Czy naprawdę ich potrzebujemy?
Jeśli to prawda, że technologia czeka na swoją eurekę, kiedy pojawi się komputerowa wersja ludzkiej intuicji, to być może jest to tylko kwestia przeczekania czasu. Ale nie wszyscy zgadzają się, że technologia byłaby dla nas dobra. „Wszyscy mówią, jak samochody bez kierowcy wyeliminują problematycznego człowieka z równania”, mówi profesor Ken Taylor z Uniwersytetu Stanforda. „Ale… czy sztuczna inteligencja rzeczywiście może zastąpić nasze zdolności jako agentów moralnych?” Rzeczywiście, perspektywa oddania ludzkiego życia w opiekę nad elektroniką otwiera etyczną puszkę robaków.
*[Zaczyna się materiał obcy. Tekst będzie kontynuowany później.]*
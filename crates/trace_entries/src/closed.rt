//! The lines of entries with as many words as their keyword says.

ghost use Rattle.std.specs.Prelude.{◌∷◌, []};
ghost use Rattle.run_text.specs.Operands.{words_of};
ghost use Rattle.run_text.specs.Reads.{Reads, texts};
ghost use Rattle.trace_entries.specs.LineNames.{AreLineNames};
ghost use Rattle.trace_entries.specs.inner.Closed.{AreClosedWords, IsClosedLine};

use crate::entry::Entry;
use crate::rows::{
    read_arrive, read_copy, read_cut, read_damage, read_down, read_flood, read_forge, read_got,
    read_idle, read_lose, read_move, read_reject, read_sent, read_strangers, read_tick,
};
use abstract_run::Label;
use run_text::{LineFault, Names, first_words, is_word};
use std::alloc::Global;

/// The entry of a line, which is no action, no stop and no variable.
pub fn read_closed(alloc: Global, line: &[u8], names: &Names) -> Result<Entry, LineFault>
    requires { AreLineNames names.now }
    ensures { Reads (IsClosedLine names.now line.now) result }
{
    let words = match first_words(alloc, line) {
        Ok(words) => words,
        Err(_) => return Err(LineFault::NoMemory),
    };
    read_words(alloc, words.as_slice(), names)
}

/// The entry of words.
fn read_words(alloc: Global, words: &[&[u8]], names: &Names) -> Result<Entry, LineFault>
    requires { AreLineNames names.now }
    ensures { Reads (AreClosedWords names.now (texts words.now)) result }
{
    match words {
        [keyword] => read_of_none(*keyword, names),
        [keyword, a] => read_of_one(*keyword, *a, names),
        [keyword, a, b] => read_of_two(alloc, *keyword, *a, *b, names),
        [keyword, a, b, c] => read_of_three(alloc, *keyword, *a, *b, *c, names),
        [keyword, a, b, c, d] => read_of_four(alloc, *keyword, *a, *b, *c, *d, names),
        _ => Err(LineFault::BadLine),
    }
}

/// The entry of a keyword alone.
fn read_of_none(keyword: &[u8], names: &Names) -> Result<Entry, LineFault>
    requires { AreLineNames names.now }
    ensures { Reads (AreClosedWords names.now (keyword.now ∷ [])) result }
{
    if is_word(keyword, "void") {
        return Ok(Entry::Label(Label::Void));
    }
    if is_word(keyword, "end") {
        return Ok(Entry::End);
    }
    Err(LineFault::BadLine)
}

/// The entry of a keyword and a word behind it.
fn read_of_one(keyword: &[u8], a: &[u8], names: &Names) -> Result<Entry, LineFault>
    requires { AreLineNames names.now }
    ensures { Reads (AreClosedWords names.now (keyword.now ∷ a.now ∷ [])) result }
{
    if is_word(keyword, "idle") {
        return read_idle(a, names);
    }
    if is_word(keyword, "flood") {
        return read_flood(a, names);
    }
    if is_word(keyword, "down") {
        return read_down(a, names);
    }
    if is_word(keyword, "strangers") {
        return read_strangers(a, names);
    }
    Err(LineFault::BadLine)
}

/// The entry of a keyword and two words behind it.
fn read_of_two(
    alloc: Global,
    keyword: &[u8],
    a: &[u8],
    b: &[u8],
    names: &Names,
) -> Result<Entry, LineFault>
    requires { AreLineNames names.now }
    ensures { Reads (AreClosedWords names.now (keyword.now ∷ a.now ∷ b.now ∷ [])) result }
{
    if is_word(keyword, "tick") {
        return read_tick(a, b, names);
    }
    if is_word(keyword, "arrive") {
        return read_arrive(a, b, names);
    }
    if is_word(keyword, "cut") {
        return read_cut(a, b, names);
    }
    if is_word(keyword, "sent") {
        return read_sent(alloc, a, b, names);
    }
    Err(LineFault::BadLine)
}

/// The entry of a keyword and three words behind it.
fn read_of_three(
    alloc: Global,
    keyword: &[u8],
    a: &[u8],
    b: &[u8],
    c: &[u8],
    names: &Names,
) -> Result<Entry, LineFault>
    requires { AreLineNames names.now }
    ensures { Reads (AreClosedWords names.now (keyword.now ∷ a.now ∷ b.now ∷ c.now ∷ [])) result }
{
    if is_word(keyword, "reject") {
        return read_reject(a, b, c, names);
    }
    if is_word(keyword, "lose") {
        return read_lose(a, b, c, names);
    }
    if is_word(keyword, "copy") {
        return read_copy(a, b, c, names);
    }
    if is_word(keyword, "forge") {
        return read_forge(alloc, a, b, c, names);
    }
    if is_word(keyword, "got") {
        return read_got(alloc, a, b, c, names);
    }
    Err(LineFault::BadLine)
}

/// The entry of a keyword and four words behind it.
fn read_of_four(
    alloc: Global,
    keyword: &[u8],
    a: &[u8],
    b: &[u8],
    c: &[u8],
    d: &[u8],
    names: &Names,
) -> Result<Entry, LineFault>
    requires { AreLineNames names.now }
    ensures { Reads (AreClosedWords names.now (keyword.now ∷ a.now ∷ b.now ∷ c.now ∷ d.now ∷ [])) result }
{
    if is_word(keyword, "move") {
        return read_move(a, b, c, d, names);
    }
    if is_word(keyword, "damage") {
        return read_damage(alloc, a, b, c, d, names);
    }
    Err(LineFault::BadLine)
}
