#[test]
fn who_is_sent_a_message_receives_it(rt: HostRuntime) -> Result<(), Fail> {
    let table = [
        (
            "sent to one who receives nothing",
            "u -> send ^m(1, 2) to c",
        ),
        (
            "the first of two",
            "u -> send m(1, 2) to b; send ^m(1, 2) to c; send n(1) to c",
        ),
        ("in a branch", "u -> if u -> send ^n(1) to c fi"),
        ("in a loop", "u -> do 2 times u -> send ^n(1) to c od"),
        (
            "in a second action",
            "u -> send n(1) to b [] u -> send ^n(1) to c",
        ),
        ("behind a receive", "rcv m from c -> send ^m(m.f, m.g) to c"),
    ];
    for (name, actions) in table {
        let (wanted, found) = lines(rt.alloc(), actions, "M3")?;
        assert!(rt; found.as_str() == wanted.as_str(), "{name}: {found}");
    }
    let table = [
        (
            "received from another process",
            "message m begin f : 8 bits end process a begin true -> send ^m(1) to b end process b begin rcv m from c -> skip end process c begin end",
        ),
        (
            "received as another message",
            "message m begin f : 8 bits end message n begin f : 8 bits end process a begin true -> send ^m(1) to b end process b begin rcv n from a -> skip end",
        ),
        (
            "received by another process",
            "message m begin f : 8 bits end process a begin true -> send ^m(1) to b end process b begin end process c begin rcv m from a -> skip end",
        ),
        (
            "received only by the sender",
            "message m begin f : 8 bits end process a begin rcv m from b -> skip [] true -> send ^m(1) to b end process b begin end",
        ),
        (
            "sent by the second process",
            "message m begin f : 8 bits end process a begin rcv m from c -> skip end process b begin true -> send ^m(1) to a end process c begin end",
        ),
    ];
    for (name, marked) in table {
        let (wanted, found) = offence_lines(rt.alloc(), marked, "M3")?;
        assert!(rt; found.as_str() == wanted.as_str(), "{name}: {found}");
    }
    Ok(())
}

/// Actions without an offence of names, kinds and limits. Some have an offence of widths; the others are accepted.
#[test]
fn forms_are_used_rightly(rt: HostRuntime) -> Result<(), Fail> {
    let table = [
        ("no action", "", "accepted"),
        (
            "numbers of all kinds",
            "x + k * i - -y div r[^x] mod 2 = 0 -> skip",
            "W3",
        ),
        (
            "truths of all kinds",
            "not u and j or s[0] = (x < y) -> skip",
            "accepted",
        ),
        ("a truth is a truth", "u = (x = y) -> skip", "accepted"),
        ("truths differ", "true != s[0] -> skip", "accepted"),
        ("parentheses", "((u)) and ((x) = (1)) -> skip", "accepted"),
        ("min and max", "min(x, k) <= max(i, -1) -> skip", "accepted"),
        ("an element of an element", "r[r[^r[0]]] = 1 -> skip", "W3"),
        ("targets", "u -> x, r[x ^+ 1], s[i] := y, x, x = y", "W3"),
        ("one target twice", "u -> x, x := 1, 2", "accepted"),
        (
            "fields",
            "rcv m from b -> ^x, u := m.f + m.g, m.f = m.g",
            "W1",
        ),
        (
            "fields in branches",
            "rcv m from b -> if m.f = 0 -> do 2 times m.g > 1 -> r[^m.f] := m.g od fi",
            "W3",
        ),
        (
            "a fixed field that is received",
            "rcv n from c -> x := n.l",
            "accepted",
        ),
        (
            "a fixed field that is not sent",
            "u -> send n(x) to b",
            "accepted",
        ),
        (
            "timers",
            "timeout t -> start t after x + 1; stop t",
            "accepted",
        ),
        (
            "2 ^ 32 values",
            "u -> choose wide; choose r[^x]; choose u; choose s[0]",
            "W3",
        ),
        ("one turn", "u -> do 1 times u -> skip od", "accepted"),
        (
            "65,536 turns",
            "u -> do 65536 times u -> skip [] j -> skip od",
            "accepted",
        ),
        (
            "a send in a branch",
            "u -> if u -> send m(x, y) to b fi",
            "accepted",
        ),
        (
            "received twice",
            "rcv m from b -> skip [] rcv m from b -> skip",
            "accepted",
        ),
        (
            "received and never sent",
            "rcv m from c -> skip",
            "accepted",
        ),
    ];
    for (name, actions, answer) in table {
        let (wanted, found) = lines(rt.alloc(), actions, answer)?;
        assert!(rt; found.as_str() == wanted.as_str(), "{name}: {found}");
    }
    Ok(())
}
Jednym z problemów moralnych, które należy rozwiązać, jest względny priorytet, jaki należy nadać bezpieczeństwu pasażerów nad bezpieczeństwa pieszych, na które nie ma łatwej odpowiedzi. Kolejna kwestia dotyczy potencjalnie licznych utrata miejsc pracy, która może przyspieszyć, jeśli technologia się przyjmie. Na przykład w USA pracuje około 3,5 miliona kierowców ciężarówek. Inna profesor ze Stanford, Margaret Levi, sugeruje, że „Potrzebujemy socjologów i etyków w zespołach projektowych od samego początku”.
Motoryzacja do przodu
Autonomiczne pojazdy są nadal „jednym z największych i najważniejszych przedsięwzięć Nvidii”, jak sama mówi firma. Nvidia, która produkuje zarówno oprogramowanie, jak i sprzęt, stworzyła plan rozwoju tego rodzaju samochodów w postaci architektury Hyperion. W kwietniu twierdzili, że dokonali przełomu w zakresie zabezpieczeń swojej technologii.
Kolejną firmą z duchem walki jest Intel Corp, który w swoim projekcie wykorzystuje technologię Mobileye Global Inc. W styczniu 2023 roku powiedzieli, że nadal spodziewają się zgarnąć ponad 17 miliardów dolarów przychodów ze swoich wysiłków przed 2030 rokiem. Intel kupił Mobileye w 2017 roku.
Wracając do naszego pierwotnego pytania, czy my, ludzie, powinniśmy oczekiwać zostać wyrzucony z siedzenia kierowcy, odpowiedź brzmi w tej chwili nie. Zbyt wielu producentów samochodów podniosło ostatnio rękę do tworzenia samojezdnych samochodów. „Myślę, że w dłuższej perspektywie będziemy mieć pojazdy autonomiczne”, zauważa Mike Ramsey z firmy Gartner. „Ale będziemy starzy”.
Obecnie możemy cieszyć się technologią wspomagania kierowcy oferowaną przez firmy takie jak Tesla, ale także wypatrywać przełomu technologicznego obiecanego przez niektórych z branży. Wszelkie istotne wiadomości w tym zakresie prawdopodobnie wpłyną na ceny akcji odpowiednich producentów samochodów, więc bądź na bieżąco, gdy handlujesz cenami akcji Tesli, Forda lub Nvidii jako kontraktami CFD w handlu online.